The policy brief traces the arguments exchanged in the course of individual interviews and a virtual debate among four experts from academia, international development, charitable foundations and the private sector:
Alexandrine Pirlot de Corbion, Director of Strategy, Privacy International: ‘Germany has contributed a lot to the work on the right to privacy and digital health within the UN and the work of the Human Rights Council. Playing a role in the global arena to push forward this rights-based approach to the use of digital health is really, really important.’
Christian Möhlen, former Global Head of Legal Affairs, Kry International: ‘A common normative framework and standardisation would have huge merits from a public health perspective. It enables competition from smaller companies and organisations and ultimately strengthens quality.’
Christoph Benn, Director for Global Health Diplomacy, Joep Lange Institute; President, Transform Health; Board Chair, The International Digital Health and AI Research Collaborative (I-DAIR): ‘Google, Amazon and Microsoft have access to the data of billions of people. Although these companies are not health organisations, they invest in AI for health, driven by commercial interests that are very, very powerful. The challenge is how to regulate this.’
Frances Baaba da-Costa Vroom, President, Pan African Health Informatics Association: ‘There must be a mind shift in the general population. We need advocacy and education to allow people to understand what their data are going to be used for. I must feel that I have the right and I have the power to ask those questions.’
Which recommendations emerged from the debate?
The following suggestions for German policymakers and parliamentarians surfaced over the course of the Catalyst Dialogue:
- Champion a rights-based approach to health data governance globally that:
- Enables data sharing for the benefit of the individual and for public health, while safeguarding the right to privacy.
- Promotes transparency and equity in data collection, management and use.
- Prevents and actively works against bias and discrimination in data and in algorithms that process them.
- Empowers individuals to know their rights, own their data and decide about their use while ensuring that the burden of accountability does not fall on them but remains with the respective duty bearer.

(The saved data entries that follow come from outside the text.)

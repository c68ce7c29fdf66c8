//! Why a commit, a tree or a file could not be read from a store.
use ids::{Key, ObjId};
use object_store::StoreFault;
use std::alloc::AllocError;
use tree_model::Path;

/// The first thing that is wrong, in the order of the traversal, or a failure of the store.
#[derive(Debug, PartialEq, Eq, Drop)]
pub enum WalkFault {
    /// No object is stored under this key.
    Incomplete(Key),
    /// The bytes under this key are no object of their grammar, or a commit of another name.
    Unreadable(Key),
    /// This object is a file where a directory is told, or a directory where a file is told.
    WrongKind(ObjId),
    /// The size that this file object tells isn't the number of the bytes of its blocks.
    WrongSize(ObjId),
    /// This path has more than 100 names.
    TooDeep(Path),
    /// There are more than 1,000,000 paths: so many were counted.
    TooMany(u64),
    /// The store failed, by its `Damaged`, `Shelf` or `NoMemory`.
    Store(StoreFault),
}

impl From<AllocError> for WalkFault {
    ghost use Rattle.std.specs.Prelude.{◌≡◌};
    ghost use Rattle.object_store.specs.declared.error.StoreFault.{StoreFault};
    ghost use Rattle.object_store.specs.declared.error.StoreFault.TheVariants.{NoMemory};
    ghost use Rattle.tree_walk.specs.declared.fault.WalkFault.{WalkFault};

    ghost from_gives = { λ _ r. r ≡ WalkFault.Store NoMemory };

    fn from(_fault: AllocError) -> WalkFault {
        WalkFault::Store(StoreFault::NoMemory)
    }
}
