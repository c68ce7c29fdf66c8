//! Theorems on what is known of stored trees, each the contract of a function that does nothing.
ghost use Rattle.std.specs.Prelude.{◌≡◌, ℕ, true, false, is_some, List, Some};
ghost use Rattle.std.specs.List.{list_any};
ghost use Rattle.std.specs.FinMap as map;
ghost use Rattle.ids.specs.Key.{Objects};
ghost use Rattle.ids.specs.declared.key.Key.{Key};
ghost use Rattle.object_graph.specs.Objects.{fs_key, is_nil, same_id};
ghost use Rattle.object_graph.specs.Traversal.{IsComplete, is_in};
ghost use Rattle.object_graph.specs.Unchanged.{Keeps};
ghost use Rattle.tree_walk.specs.KnownTrees.{Fits, IsNeededBy, KeepsFor, KnownView, extent_known, file_known, nothing_known};
ghost use Rattle.tree_walk.specs.declared.extent.Extent.{Extent};

/// Where nothing is known, what is known is right.
pub fn what_is_known_is_right_at_first()
    ensures { (objects : Objects) → Fits objects nothing_known }
{}

/// What is known stays right as objects are added.
pub fn what_is_known_stays_right_as_objects_are_added()
    ensures { (old : Objects) → (new : Objects) → (known : KnownView) → Keeps old new → Fits old known → Fits new known }
{}

/// What is known is of objects that are stored, so once one of them has left it is right no more. Forty zeros are no object.
pub fn what_is_known_is_stored()
    ensures dirs { (objects : Objects) → (known : KnownView) → (id : List ℕ) → (extent : Extent) → Fits objects known → is_nil id ≡ false
        → extent_known known (fs_key id) ≡ Some extent → is_some (map.get objects (fs_key id)) ≡ true }
    ensures files { (objects : Objects) → (known : KnownView) → (id : List ℕ) → Fits objects known → is_nil id ≡ false
        → is_some (file_known known (fs_key id)) ≡ true → is_some (map.get objects (fs_key id)) ≡ true }
{}

/// What is kept for complete commits, of keys that they need, is right.
pub fn what_is_kept_for_complete_commits_is_right()
    ensures { (objects : Objects) → (commits : List (List ℕ)) → (keys : List Key) → (old : KnownView) → (new : KnownView) → Fits objects old
        → KeepsFor commits keys old new → ((commit : List ℕ) → list_any (same_id commit) commits ≡ true → IsComplete objects commit)
        → ((key : Key) → is_in keys key ≡ true → IsNeededBy objects commits key) → Fits objects new }
{}

/// Where nothing was learned since, what is known stays right as objects leave that the commits don't need for which it was kept.
pub fn what_was_kept_stays_right_as_other_objects_leave()
    ensures { (old : Objects) → (new : Objects) → (known : KnownView) → known.directories ≡ map.empty → known.files ≡ map.empty
        → ((key : Key) → IsNeededBy old known.commits key → map.get new key ≡ map.get old key) → Fits old known → Fits new known }
{}
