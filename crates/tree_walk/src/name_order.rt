//! The entries of a directory in the order of their names.
ghost use Rattle.std.specs.Prelude.{◌≡◌, true, IfOk, IsTrue, OnErr, OnOk, reverse};
ghost use Rattle.std.specs.BTreeMap.{IsOrdered};
ghost use Rattle.std.specs.FinMap as map;
ghost use Rattle.ids.specs.MapView.{map_of};
ghost use Rattle.object_graph.specs.Objects.{by_name, in_name_order, name_cmp};
ghost use Rattle.tree_walk.specs.NameOrder.{descending, is_above};

use fs_objects::{DirObject, Dirent};
use std::alloc::{AllocError, Global};
use std::collections::BTreeMap;
use tree_model::Name;

/// The entries in ascending byte order of name. They are moved; where their names don't descend each name is copied once.
pub fn in_name_order(alloc: Global, directory: DirObject) -> Result<Vec<Dirent>, AllocError>
    ensures value { IfOk result (λ sorted. sorted.items ≡ in_name_order directory) }
{
    let DirObject { entries } = directory;
    let entries = entries.into_vec();
    if descend(entries.as_slice()) {
        return Ok(turned(entries));
    }
    let table = by_name(alloc, entries)?;
    values_of(alloc, table)
}

/// Whether the name of each entry is above that of the next one, as clients write them.
fn descend(entries: &[Dirent]) -> bool
    ensures value { IsTrue result → descending entries.now ≡ true }
{
    for done in 0..entries.len() {
        let at = entries.len() - 1 - done;
        if !is_above(&entries[at], &entries[at + 1..]) {
            return false;
        }
    }
    true
}

/// Whether the name of an entry is above that of the one behind it, if one is.
fn is_above(entry: &Dirent, behind: &[Dirent]) -> bool
    ensures value { result ≡ is_above entry.now behind.now }
{
    match behind {
        [] => true,
        [next, ..] => next.name.cmp(&entry.name).is_lt(),
    }
}

/// The entries in the other order.
fn turned(entries: Vec<Dirent>) -> Vec<Dirent>
    ensures value { result.items ≡ reverse entries.items }
{
    let mut entries = entries;
    entries.reverse();
    entries
}

/// The entries under their names.
fn by_name(alloc: Global, entries: Vec<Dirent>) -> Result<BTreeMap<Name, Dirent>, AllocError>
    ensures value { IfOk result (λ table. map_of name_cmp table ≡ by_name entries.items) }
    ensures ordered { IfOk result (IsOrdered name_cmp) }
{
    let mut entries = entries;
    let mut table = BTreeMap::new(alloc);
    while let Some(entry) = entries.pop() {
        let name = entry.name.copy(alloc)?;
        insert(&mut table, name, entry)?;
    }
    Ok(table)
}

/// Puts an entry into the table. After an error the table is as it was.
fn insert(table: &mut BTreeMap<Name, Dirent>, name: Name, entry: Dirent) -> Result<(), AllocError>
    ensures ok { OnOk result (map_of name_cmp table.new ≡ map.insert (map_of name_cmp table.old) name entry) }
    ensures err { OnErr result (map_of name_cmp table.new ≡ map_of name_cmp table.old) }
    ensures ordered { IsOrdered name_cmp table.new }
{
    match table.insert(name, entry) {
        Ok(_) => Ok(()),
        Err(failed) => Err(failed.into()),
    }
}

/// The entries of a table, in the order of their names.
fn values_of(alloc: Global, table: BTreeMap<Name, Dirent>) -> Result<Vec<Dirent>, AllocError>
    requires ordered { IsOrdered name_cmp table }
    ensures value { IfOk result (λ sorted. sorted.items ≡ map.values (map_of name_cmp table)) }
{
    let mut table = table;
    let mut sorted = Vec::with_capacity(alloc, table.len())?;
    while let Some((_, entry)) = table.pop_first() {
        sorted.push(entry)?;
    }
    Ok(sorted)
}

- Offer technical and financial support to partner countries in strengthening their legislative frameworks and incorporating good health data governance. Based on Germany’s experience with robust privacy and data protection rights, partners should work with parliamentarians and civil society.
- Work with government agencies mandated to monitor implementation and enforce compliance with health data governance rules to ensure that normative frameworks translate into practical changes on the ground. Such agencies include the data protection commissions that exist in some countries.
- Ensure good health data governance in German-supported projects by requiring organisations that operate with German funding to implement a rights-based and human-centred approach and to adhere to the existing legal frameworks on privacy and human rights.
- Nurture a vibrant and diverse landscape of civil society actors to hold governments accountable and to advocate for a rights-based approach to digital health.